* ABOUT THIS EXERCISE *
Your task is to transcribe, without alteration, the lines from the top of the material below through the line bearing "that have no", inclusive.

* RECORDED DATA *

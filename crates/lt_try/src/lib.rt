//! How do callers share a lock table without ever waiting for each other? Each shard stands in a slot that is tried once.
//! If another caller is in the shard, the call answers `Busy`: nothing was done, and the caller calls again.
//!
//! No function here needs a permission to wait, so a static library can offer this table to callers that have no
//! runtime. A request goes through its keys by `lt_walk`, as in the table whose callers wait (`lt_table_core`). So the
//! calls and their contracts are the same, with two more answers: `Busy`, and `Lost`, which no table that was opened
//! gives ([`TryError`]).
//!
//! Read next `src/slot.rt` (the shard in its slot), `src/table.rt` (how a call makes one key step) and
//! `src/requests.rt` (how a request enters, scans and leaves). `src/seats.rt` says how the passes of a table come back if its
//! callers hold it by shares.
#![tactic(auto)]

mod closing;
mod error;
mod inspecting;
mod letting;
mod linked;
mod locking;
mod opening;
mod requests;
mod seats;
mod slot;
mod table;
mod taking;

pub use closing::TryCloseRefused;
pub use error::TryError;
pub use linked::LinkedTables;
pub use lt_shard::{Answer, EmptyTables, KeyState, Rest};
pub use lt_walk::{
    CloseError, Config, EnterError, EnterRefused, Gone, Guard, Histories, LeaveStopped, Left, Mode,
    Poll, PrepareError, Progress, Reader, Ready, Rests, Scan, ScanError, abandon_guards, prepare,
    prepare_with,
};
pub use lt_words::{Keeping, Pass, Waker, abandon_all};
pub use seats::Seats;
pub use table::TryTable;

* ANSWER SECTION *
filename crates/lt_try/src/lib.rt
//! How do callers share a lock table without ever waiting for each other? Each shard stands in a slot that is tried once.
//! If another caller is in the shard, the call answers `Busy`: nothing was done, and the caller calls again.
//!
//! No function here needs a permission to wait, so a static library can offer this table to callers that have no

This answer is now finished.